When Jorad wakes up, he is trapped in a block of ice. Powered by a mysterious voice, he breaks free and then frees Tyri, also trapped. Some undead led by Ichor find them and capture them when they get out of the cave they were in. While taken prisoner, they find Loggi Grymstone in the undead group. He explains that he and some other dwarves came there to obtain resources needed to fight against the undead, but instead found the Baron Mordis, whom they worked for with promises of defeating the undead in Alterac. Tyri and Jorad then tell him why they are in the mountains. While being imprisoned, Loggi signals some other dwarves that the undead are near. The dwarves then counterattack, and are joined by Anveena and Kalec, but the Baron spots them from the castle and sends the FrostWyrm against them. Tyri transforms into a dragon and combats the Wyrm, but the Baron begins his spell, once again entrancing Anveena and raising his new army. The spell is then stopped when Trag overpowers the Baron and stops the spell, which destroys the FrostWyrm. The massive Wyrm skeleton crashes on the castle, presumably killing both of them. On the ground, Tyri, Jorad, and the dwarves achieve victory, but Dar'khan shows up, eviscerates Loggi, and kidnaps Anveena in front of their eyes, ending the book.

===Ghostlands===
In the final book of the series, Dar'khan flies Anveena over to the ruins of Quel'thalas (the elven homeland), and the four heroes try to stop him. A band of exiled elves led by Lor'themar, a former ranger-captain, try to reclaim Quel'thalas by ambushing lone groups of undead. Meanwhile, Kalecgos, Tyrygosa, Jorad Mace and their juvenile dragon Raac are trying to find out what is going on. Along the way, they are ambushed by a felhound, a large, vicious, magic-eating monster. They are initially unable to stop it, but a distant figure lets out a horrid screech that temporarily stops the Felhound's magic, allowing Kalec to finish it off. They are then confronted by Lor'themar's group, and they band together to try to stop Dar'khan. Meanwhile, Dar'khan takes Anveena to the former sight of SunwelI the source of elven magic, which was destroyed by the undead. Along the way, he explains why he is taking her there, but in his monologue, Anveena slips off. She is then confronted by a mysterious cloaked figure, who tries to tell her that she was the essence of the Sunwell itself. Anveena doesn't believe him, and soon Dar'khan finds her again. Dar'khan then finds the figure that stopped the Felhound, who proves to be Sylvanas Windrunner, former general of elven forces. She tries to kill him, blaming him for the destruction of her homeland, but he tricks her and takes her prisoner.

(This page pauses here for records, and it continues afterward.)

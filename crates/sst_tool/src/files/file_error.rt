//! The errors of reading, opening and writing files.
ghost use Rattle.std.specs.Prelude.{◌≡◌};
ghost use Rattle.sst_tool.specs.files.Words as spec;

use crate::files::FileName;
use sst_blocks::Error;
use std::alloc::{AllocError, AllocFailed};
use std::{fmt, io};

/// The error of a file.
#[derive(Debug, Drop)]
pub enum FileFault {
    /// The path is a folder.
    Folder,
    /// The path is neither a regular file nor a folder, so it is not replaced.
    NotPlain,
    /// The path of a new folder, or of a file in it, is taken.
    Taken,
    /// A file follows the numbered files to be written, left over from an earlier write.
    Left,
    /// The file ended before the size that it had when it was opened.
    CutShort {
        /// The number of bytes read.
        read: u64,
        /// The size of the file when it was opened.
        size: u64,
    },
    /// All names tried for the temporary file are taken.
    NamesTaken,
    /// The file was not renamed, but files before it were.
    AfterOthers {
        /// The number of files renamed.
        renamed: u64,
        /// The error of this rename.
        error: io::Error,
    },
    /// The file has its name, but its folder could not be synced.
    NotSynced(io::Error),
    /// An error of the system.
    Io(io::Error),
    /// An error of the library, or out of memory.
    Refused(Error),
}

impl FileFault {
    /// Returns whether this is `OutOfMemory`, which says nothing about the file.
    pub fn is_memory(&self) -> bool
        ensures { result ≡ spec.is_memory_fault self.now }
    {
        matches!(self, FileFault::Refused(Error::OutOfMemory))
    }
}

impl fmt::Display for FileFault {
    fn fmt<W: fmt::Write>(&self, f: &mut fmt::Formatter<W>) -> fmt::Result {
        match self {
            FileFault::Folder => f.write_str("is a folder"),
            FileFault::NotPlain => f.write_str("not a regular file, not replaced"),
            FileFault::Taken => f.write_str("already exists"),
            FileFault::Left => f.write_str(
                "exists from an earlier write; first remove it and the files after it",
            ),
            FileFault::CutShort { read, size } => {
                write!(f, "cut short while it was read: {read} of {size} bytes")
            }
            FileFault::NamesTaken => f.write_str("each name beside it is taken"),
            FileFault::AfterOthers { renamed, error } => {
                write!(f, "not replaced, and {renamed} before it are: {error}")
            }
            FileFault::NotSynced(error) => {
                write!(f, "written, but its folder is not synced: {error}")
            }
            FileFault::Io(error) => write!(f, "{error}"),
            FileFault::Refused(error) => {
                let number = error.number();
                write!(f, "{error} ({number})")
            }
        }
    }
}

impl From<io::Error> for FileFault {
    ghost use Rattle.std.specs.Prelude.{◌≡◌};
    ghost use Rattle.sst_tool.specs.declared.files.file_error.FileFault.TheVariants.{Io};

    ghost from_gives = { λ error fault. fault ≡ Io error };

    fn from(error: io::Error) -> FileFault {
        FileFault::Io(error)
    }
}

impl From<Error> for FileFault {
    ghost use Rattle.std.specs.Prelude.{◌≡◌};
    ghost use Rattle.sst_tool.specs.declared.files.file_error.FileFault.TheVariants.{Refused};

    ghost from_gives = { λ error fault. fault ≡ Refused error };

    fn from(error: Error) -> FileFault {
        FileFault::Refused(error)
    }
}

impl From<lsm_files::FileError> for FileFault {
    ghost use Rattle.std.specs.Prelude.{◌≡◌};
    ghost use Rattle.sst_tool.specs.files.Opened.{fault_of_read};

    ghost from_gives = { λ error fault. fault ≡ fault_of_read error };

    fn from(error: lsm_files::FileError) -> FileFault {
        match error {
            lsm_files::FileError::Io(error) => FileFault::Io(error),
            lsm_files::FileError::Table(error) => FileFault::Refused(error),
        }
    }
}

impl From<AllocError> for FileFault {
    ghost use Rattle.std.specs.Prelude.{◌≡◌};
    ghost use Rattle.sst_entries.specs.declared.error.Error.TheVariants.{OutOfMemory};
    ghost use Rattle.sst_tool.specs.declared.files.file_error.FileFault.TheVariants.{Refused};

    ghost from_gives = { λ _ fault. fault ≡ Refused OutOfMemory };

    fn from(_error: AllocError) -> FileFault {
        FileFault::Refused(Error::OutOfMemory)
    }
}

impl<T: Drop> From<AllocFailed<T>> for FileFault {
    ghost use Rattle.std.specs.Prelude.{◌≡◌};
    ghost use Rattle.sst_entries.specs.declared.error.Error.TheVariants.{OutOfMemory};
    ghost use Rattle.sst_tool.specs.declared.files.file_error.FileFault.TheVariants.{Refused};

    ghost from_gives = { λ _ fault. fault ≡ Refused OutOfMemory };

    fn from(_error: AllocFailed<T>) -> FileFault {
        FileFault::Refused(Error::OutOfMemory)
    }
}

/// The error of a file, displayed as a sentence: the file, the error, and the error code in
/// brackets if it has one.
#[derive(Debug, Drop)]
pub struct FileError<'a> {
    /// The name of the file.
    pub name: FileName<'a>,
    /// The error.
    pub fault: FileFault,
}

impl<'a> fmt::Display for FileError<'a> {
    fn fmt<W: fmt::Write>(&self, f: &mut fmt::Formatter<W>) -> fmt::Result {
        self.name.write_escaped(f)?;
        let fault = &self.fault;
        write!(f, ": {fault}")
    }
}

impl<'a> std::error::Error for FileError<'a> {}
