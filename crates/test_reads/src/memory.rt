//! Writes, opens, reads and compacts tables and runs with each request for memory failing in turn.
//! One function tries all works, so that its call is proved once.
use crate::runs::{compactions, lists as run_lists, part, walks};
use crate::tables::{lists, points, queries, refusals};
use sst_blocks::Error;
use std::alloc::{Allocator, Global};
use test_support::samples::runs::is_right;
use test_support::{Refusing, each_refused};

// The work of a test, on a table or on a run. It is named by the index of a case, or by itself.
enum Work {
    List,
    Points,
    Reads(usize),
    Queries,
    Fault,
    Walk(usize),
    RunList(usize),
    CutList,
    Part,
    NewTables,
}

// Whether a work has its result. Some of it uses ample memory.
fn answer<A: Allocator + Copy>(
    alloc: A,
    plenty: A,
    work: &Work,
    may_fail: bool,
) -> Result<bool, Error> {
    match work {
        Work::List => lists::rows_are_read(alloc),
        Work::Points => points::are_right(alloc),
        Work::Reads(at) => points::table_is_read(alloc, *at),
        Work::Queries => queries::are_answered(alloc),
        Work::Fault => refusals::checksums_are_refused(alloc),
        Work::Walk(place) => walks::case_is_read(alloc, *place),
        Work::RunList(place) => run_lists::case_is_read(alloc, *place),
        Work::CutList => run_lists::target_cuts(alloc),
        Work::Part => part::zeroed_is_found(alloc, plenty),
        Work::NewTables => Ok(compactions::leaves_its_runs(alloc, plenty, may_fail) == Ok(true)),
    }
}

// Whether a work makes more requests than `least`, and has its result without a failing request and
// with each of them failing in turn.
fn is_right_refused(alloc: Global, work: &Work, least: usize) -> bool {
    let requests = each_refused(alloc, |heap: &Refusing, may_fail: bool| {
        let plenty = Refusing::new(alloc, 0);
        is_right(answer(heap, &plenty, work, may_fail), may_fail)
    });
    requests.is_ok_and(|requests| requests > least)
}

// Works, and numbers of requests that they exceed. A run is read by its reader, by the reader of a
// span, and by a scan; a list unchanged, and compacted.
const WORKS: &[(Work, usize)] = &[
    (Work::List, 20),
    (Work::Points, 20),
    (Work::Reads(points::OF_TWO_LEVELS), 20),
    (Work::Reads(points::OF_DAMAGED_BLOCKS), 5),
    (Work::Queries, 20),
    (Work::Fault, 2),
    (Work::Walk(walks::IN_TURN_WITHIN), 20),
    (Work::Walk(walks::IN_TURN_BY_SPAN), 20),
    (Work::Walk(walks::BY_SCAN), 20),
    (Work::RunList(run_lists::AS_IT_IS), 20),
    (Work::RunList(run_lists::KEPT_OF_IT), 20),
    (Work::CutList, 20),
    (Work::Part, 20),
    (Work::NewTables, 20),
];

#[test]
fn tables_and_runs_are_made_and_read_with_each_request_refused(rt: HostRuntime) {
    for (work, least) in WORKS {
        assert!(rt; is_right_refused(rt.alloc(), work, *least));
    }
}
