//! The files of tables.
ghost use Rattle.std.specs.Prelude.{◌≡◌, IfOk, map};
ghost use Rattle.sst_tool.specs.files.Words as spec;

use crate::files::{FileName, NewFile};
use lsm_writers::FinishedTable;
use std::alloc::{AllocError, Allocator};

/// Returns the files of tables. Names with a number are numbered from 1.
///
/// # Errors
///
/// Fails only if memory runs out.
pub fn table_files<'a, 'b, A: Allocator + Copy>(
    alloc: A,
    name: FileName<'a>,
    tables: &'b [FinishedTable<A>],
) -> Result<Vec<NewFile<'a, 'b>, A>, AllocError>
    ensures { IfOk result (λ wanted. map spec.named_bytes wanted.items
        ≡ spec.numbered_files (spec.numbered_path name.entry) 1
        (map (λ table. table.bytes) tables.now)) }
{
    let mut wanted = Vec::new(alloc);
    for table in tables {
        let number = (wanted.len() as u64).saturating_add(1);
        wanted.push(NewFile {
            name: name.with_number(number),
            bytes: table.bytes.as_slice(),
        })?;
    }
    Ok(wanted)
}
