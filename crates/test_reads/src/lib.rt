//! Tests of tables and of runs of tables, in one crate because they share their data. No other
//! crate uses this one.
#![tactic(auto)]

#[cfg(test)]
mod memory;
#[cfg(test)]
mod runs;
#[cfg(test)]
mod tables;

He then goes to the former site of the Sunwell where he prepares to cast his spell on Anveena, but Lor'themar and his elves attack. They are driven back, but delay him momentarily. Kalec, Tyri, and Jorad then arrive and try to stop Dar'khan. He restrains Kalec with the magical neck collar he put around him in the first book. Tyri is delayed by a massive dragon controlled by Dar'khan, and the hopes of victory look bleak. Raac frees the dragon from Dar'khan's control and they all manage to stop Dar'khan. After he is defeated, the giant dragon is transformed into the cloaked figure Anveena spoke to earlier. He is revealed as Borel, whose real name is Korialstrasz, the consort of Alexstrasza the Life-Binder. At the end, Tyri flies Jorad to confront Arthas, Lord of the Undead Scourge, and Anveena stays in Quel'thalas with Kalec and Lor'themar to hide her power.